2.a person who adopts a teasing, theatrical manner, esp. for the amusement of others. –verb (used without object)
3.Also, camp it up. to speak or behave in a coquettishly playful or extravagantly theatrical manner. –adjective
4.campy: camp Hollywood musicals of the 1940s.
[Origin: 1905–10; perh. dial. camp impetuous, uncouth person (see kemp (http://dictionary.reference.com/search?q=kemp)1); hence, slightly objectionable, effeminate, homosexual; in some senses prob. special use of camp (http://dictionary.reference.com/search?q=camp)1 brothel, meeting place of male homosexualshttp://cache.lexico.com/dictionary/graphics/luna/thinsp.png]
Um, not that there's anything wrong with any of that.:lol:
Adam West's performance certainly meets the first definition, and Jonathan Harris' performance definitely meets the second and third. But I've got a feeling Robert Conrad would knock your block off if you even implied that he had ever been "camp".
John P 03-30-2007, 07:36 AM I think Jim West was basically the straight man of the series. Keeping his cool while the whole world acted looney around him.
scotpens 03-30-2007, 09:28 PM What appealed to me most about WWW was the Jules Verne/H.G. Wells aspect — seeing futuristic gadgets and inventions as they could have existed circa 1880. And I like how they always referred to the Civil War as "the recent unpleasantness." An early form of PC?
BTW, didn't the whole Sixties "camp" thing, especially the celebration of so-called lowbrow culture like comic books, really start with Pop artists like Andy Warhol, Roy Lichtenstein and Claes Oldenburg?
Zorro 03-30-2007, 09:48 PM BTW, didn't the whole Sixties "camp" thing, especially the celebration of so-called lowbrow culture like comic books, really start with Pop artists like Andy Warhol, Roy Lichtenstein and Claes Oldenburg?

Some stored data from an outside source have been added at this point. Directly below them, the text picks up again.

/// Does what the words ask for on one thread, and always returns: `check APP` judges an application, `plan APP` prints its operators
/// and their partitions, `mean APP` prints the rows of each window of one pass over it and its inputs, `sim APP` with its options
/// runs it, `gen NUMBER SIZE` runs a generated example, `trace APP` with the options of `sim` runs as `sim` does and prints what
/// happened, and `audit APP JOURNAL` with its options tells whether a journal is a legal one of the run. The words aren't those of
/// `run`, which [`apex_main`](crate::apex_main) takes; `group` isn't built yet.
///
/// A run goes on in the order that `--order` picks, with the kills and repartitions of its script. It stores each window's rows
/// in one commit, and then prints them all, a line for each row, and a report on the error output; `gen` prints its report
/// alone, on the output. The status is 0, or else that of the first thing that stopped it: 1 for words that are no command, or
/// that ask for what isn't built, 2 for a file that can't be read, 3 for one that isn't there, 4 for one too long, 5 for an
/// application, 6 for a line of an input, 7 for a line of a script and 16 for a line of a journal that is refused, 8 for the
/// checkpoint store, 9 for the sink's store, 10 for spools, 11 for bytes of theirs that spell nothing, 12 for an output, 13 for
/// want of memory, and 19 for a bag or a state that is too large. A line of the error output then names it, as far as that
/// output takes it, except for a fault of an output.
///
/// The sink's store may have the first windows already: they are worked again and not stored again. Over a store that has more
/// windows than the job no run begins, and the status is 13.
pub fn apex_plain<F: Folder, K: Keeper + Drop, V: Vault + Drop, P: Spools + Drop, O: Out, E: Out>(
    alloc: Global,
    words: &[String],
    files: &mut F,
    devices: Devices<K, V, P>,
    out: &mut O,
    err: &mut E,
) -> Ended<K, V, P, <P::S as Spool>::Fault>
    requires plain { IsThreaded (command_of (map string_bytes words.now)) → ⊥ }
    requires sound { IsTrue (K.sound devices.keeper) }
    requires vault_sound { IsTrue (V.sound devices.vault) }
    // Whatever its folder answers, it ends in a way that these answers allow: done, or stopped for a cause, with the devices
    // and the outputs left as that stop leaves them.
    ensures heard { HasHeard F.tells (F.told files.old) (F.heard files.old) (F.heard files.new) (λ answers.
        HasEnded (map string_bytes words.now) (call_of answers (Rose (F.faults files.old) (F.faults files.new))
        (devices_change (keeper_meaning K.tells K.stored K.last K.faults) (vault_meaning V.tells V.held V.faults)
        (spools_meaning P.S.tells P.faults) devices result.devices)
        (output_change O.tells O.written O.faults out.old out.new)
        (output_change E.tells E.written E.faults err.old err.new)) (left_by result)) }

    // Words that are no command are told so, and no others.
    ensures command { (command_of (map string_bytes words.now) ≡ None) ↔ (result.end ≡ Err (Stop.Refused Refusal.NotACommand)) }

    // Where the folder tells its files, what words and files refuse first is refused, unless the folder fails.
    ensures refused { IsTrue F.tells → (refusal : Refusal) → IsRefusal (by_files (F.told files.old)) (map string_bytes words.now) refusal →
        HasRefused (Rose (F.faults files.old) (F.faults files.new)) refusal result.end }

    // And what is accepted is done, unless a device fails: over devices that tell.
    ensures complete { IsTrue F.tells → IsTrue (K.tells && (V.tells && P.S.tells)) →
        AreAccepted (by_files (F.told files.old)) (map string_bytes words.now) →
        HasNoFault (Rose (F.faults files.old) (F.faults files.new))
        (devices_change (keeper_meaning K.tells K.stored K.last K.faults) (vault_meaning V.tells V.held V.faults)
        (spools_meaning P.S.tells P.faults) devices result.devices)
        (output_change O.tells O.written O.faults out.old out.new)
        (output_change E.tells E.written E.faults err.old err.new) (left_by result) →
        IsComplete (IsLargeRun (by_files (F.told files.old)) (map string_bytes words.now) (V.tells && P.S.tells)) result.end }

    // What happened in a run is one history, in the order that its words pick.
    ensures history { IsTrue F.tells → IsOneHistory (by_files (F.told files.old)) (map string_bytes words.now) (left_by result)
        (devices_change (keeper_meaning K.tells K.stored K.last K.faults) (vault_meaning V.tells V.held V.faults)
        (spools_meaning P.S.tells P.faults) devices result.devices) }

    // It leaves in the sink's store exactly the rows of the one pass for a prefix of its windows, each window once.
    ensures store { IsTrue F.tells → HasStored (by_files (F.told files.old)) (map string_bytes words.now) result.journal
        (devices_change (keeper_meaning K.tells K.stored K.last K.faults) (vault_meaning V.tells V.held V.faults)
        (spools_meaning P.S.tells P.faults) devices result.devices) }

    // It drops no block that a window may still read.
    ensures needed { IsTrue F.tells → HasKeptNeeded (by_files (F.told files.old)) (map string_bytes words.now) result.journal
        (devices_change (keeper_meaning K.tells K.stored K.last K.faults) (vault_meaning V.tells V.held V.faults)
        (spools_meaning P.S.tells P.faults) devices result.devices) }

    // With status 0 every window is stored and printed.
    ensures whole { IsTrue F.tells → HasEndedWhole (by_files (F.told files.old)) (map string_bytes words.now) (left_by result)
        (devices_change (keeper_meaning K.tells K.stored K.last K.faults) (vault_meaning V.tells V.held V.faults)
        (spools_meaning P.S.tells P.faults) devices result.devices)
        (output_change O.tells O.written O.faults out.old out.new)
        (output_change E.tells E.written E.faults err.old err.new) }

    // And the checkpoint store has the last checkpoints.
    ensures checkpoints { IsTrue F.tells → HasLeftCheckpoints (by_files (F.told files.old)) (map string_bytes words.now) (left_by result)
        (devices_change (keeper_meaning K.tells K.stored K.last K.faults) (vault_meaning V.tells V.held V.faults)
        (spools_meaning P.S.tells P.faults) devices result.devices) }

    // Each status has its cause, and a run that stopped has printed nothing, or a front where it stopped while printing.
    ensures cause { IsTrue F.tells → HasNamedCause (by_files (F.told files.old)) (map string_bytes words.now) (left_by result)
        (devices_change (keeper_meaning K.tells K.stored K.last K.faults) (vault_meaning V.tells V.held V.faults)
        (spools_meaning P.S.tells P.faults) devices result.devices)
        (output_change O.tells O.written O.faults out.old out.new)
        (output_change E.tells E.written E.faults err.old err.new) }

    // What `trace` has printed with status 0, over a sink's store that began empty, is a legal journal for each audit of the files;
    // where the sink's store failed it has printed nothing.
    ensures traced { IsTrue F.tells → TracesLegally (by_files (F.told files.old)) (map string_bytes words.now) (left_by result)
        (devices_change (keeper_meaning K.tells K.stored K.last K.faults) (vault_meaning V.tells V.held V.faults)
        (spools_meaning P.S.tells P.faults) devices result.devices)
        (output_change O.tells O.written O.faults out.old out.new) }

    // Of files that the folder tells, an audit is done exactly for a legal journal, and refuses exactly the first line that
    // is refused, unless a device fails or memory runs out.
    ensures audit { IsTrue F.tells → AnswersAudits (F.told files.old) (map string_bytes words.now)
        (Rose (F.faults files.old) (F.faults files.new) ⊎ Rose (O.faults out.old) (O.faults out.new)) result.end }

    // The status is that of the end. Where it stopped, but for a fault of an output, the error output has got the line that
    // says why; else it is as it was, but for the report of `sim` and `trace`.
    ensures status { result.status ≡ status_after result.end }
    ensures said { IsTrue E.tells → IsTold result.end → HasSaid (line_after result.end)
        (Rose (E.faults err.old) (E.faults err.new)) (E.written err.old) (E.written err.new) }
    ensures silent { (IsTold result.end → ⊥) → (IsSim (command_of (map string_bytes words.now)) → ⊥) → err.new ≡ err.old }
{
    let outcome = act(alloc, words, files, devices, out, err);
    let status = conclude(&outcome.end, err);
    Ended {
        status,
        end: outcome.end,
        devices: outcome.devices,
        journal: outcome.journal,
        shown: outcome.shown,
        spool: outcome.spool,
    }
}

Well it did all sort of blend together by the mid-Sixties. At the age of 9 though, I didn't know Warhol or Lichtenstein. But I sort of "got" what they were doing with Batman. I still say those of us who grew up in that decade hit the goldmine when it came to "Pop Culture".
frankenstyrene 03-31-2007, 06:43 AM Robert Conrad definitely plays it straight all the way thru season 2, which is as far as I've ever watched...a very flat affect at nearly all times; not near the actor (however you wish to define that) that William Shatner was with Kirk...not saying a talent issue, just diffs in the characterizations the two chose. He breaks up laughing with Artie sometimes but no slices of Shatner ham from Conrad, that's for sure.
Season 1 also starts out pretty straight, too, even slightly grim in spots. The tongue in cheek aspects are there but kept to a minimum, tho that relaxes as the season goes on. Then by Season 2 you have Night of the Flying Pie Plate, the Eccentrics (cool!) and the one where Loveless shrinks West...lots o' camp there. Seasons 3 and 4 are even worse, from what I've heard elsewhere. Worse, that is, unless you enjoy that kind of thing.